→ **Records shown**:
* * * * *

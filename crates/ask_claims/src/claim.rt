//! Claims.

use flow_edges::Cases;
use lang_tree::{Cond, Name};

/// A claim: in every run, at every configuration at a point, a condition is true.
#[derive(Drop)]
pub struct Claim {
    /// The number of the point, counted from 0.
    pub point: u32,
    /// The label that names the point.
    pub label: Name,
    pub cond: Cond,
    /// The cases in which the condition may be false.
    pub against: Cases,
}
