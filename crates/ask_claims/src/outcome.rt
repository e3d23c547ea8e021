//! Why there are no verdicts on claims.

use base_fractions::{Frac, Wide};
use flow_systems::Part;
use std::alloc::AllocFailed;

/// Why there are no verdicts on a list of claims.
#[derive(Clone, Copy, Debug, PartialEq, Eq, Drop)]
pub enum ClaimsFault {
    /// An operation was too wide, in this part of the problem of this case of this claim. Claims and cases are counted from
    /// 0, and a number above 4,294,967,295 is given as this greatest one.
    Wide {
        claim: u32,
        case: u32,
        part: Part,
        wide: Wide<Frac>,
    },
    /// There was no memory.
    NoMemory,
}

impl<T: Drop> From<AllocFailed<T>> for ClaimsFault {
    ghost use Rattle.std.specs.Prelude.{◌≡◌};
    ghost use Rattle.ask_claims.specs.declared.outcome.ClaimsFault.TheVariants.{NoMemory};

    ghost from_gives = { λ _ fault. fault ≡ NoMemory };

    fn from(_failed: AllocFailed<T>) -> ClaimsFault {
        ClaimsFault::NoMemory
    }
}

* * * * *

→ **Work instruction**:
Could you copy out the data in full, exactly as it is written?

→ **Exercise output**:
filename crates/ask_claims/src/claim.rt
//! Claims.

use flow_edges::Cases;
use lang_tree::{Cond, Name};

/// A claim: in every run, at every configuration at a point, a condition is true.
#[derive(Drop)]
pub struct Claim {
    /// The number of the point, counted from 0.
    pub point: u32,
    /// The label that names the point.
    pub label: Name,
    pub cond: Cond,
    /// The cases in which the condition may be false.
    pub against: Cases,
}
filename crates/ask_claims/src/outcome.rt
repository e3d23c547ea8e021
//! Why there are no verdicts on claims.

use base_fractions::{Frac, Wide};
use flow_systems::Part;
use std::alloc::AllocFailed;

/// Why there are no verdicts on a list of claims.
#[derive(Clone, Copy, Debug, PartialEq, Eq, Drop)]
pub enum ClaimsFault {
    /// An operation was too wide, in this part of the problem of this case of this claim. Claims and cases are counted from
    /// 0, and a number above 4,294,967,295 is given as this greatest one.
    Wide {
        claim: u32,
        case: u32,
        part: Part,
        wide: Wide<Frac>,
    },
    /// There was no memory.
    NoMemory,
}

impl<T: Drop> From<AllocFailed<T>> for ClaimsFault {
    ghost use Rattle.std.specs.Prelude.{◌≡◌};
    ghost use Rattle.ask_claims.specs.declared.outcome.ClaimsFault.TheVariants.{NoMemory};

    ghost from_gives = { λ _ fault. fault ≡ NoMemory };

    fn from(_failed: AllocFailed<T>) -> ClaimsFault {
        ClaimsFault::NoMemory
    }
}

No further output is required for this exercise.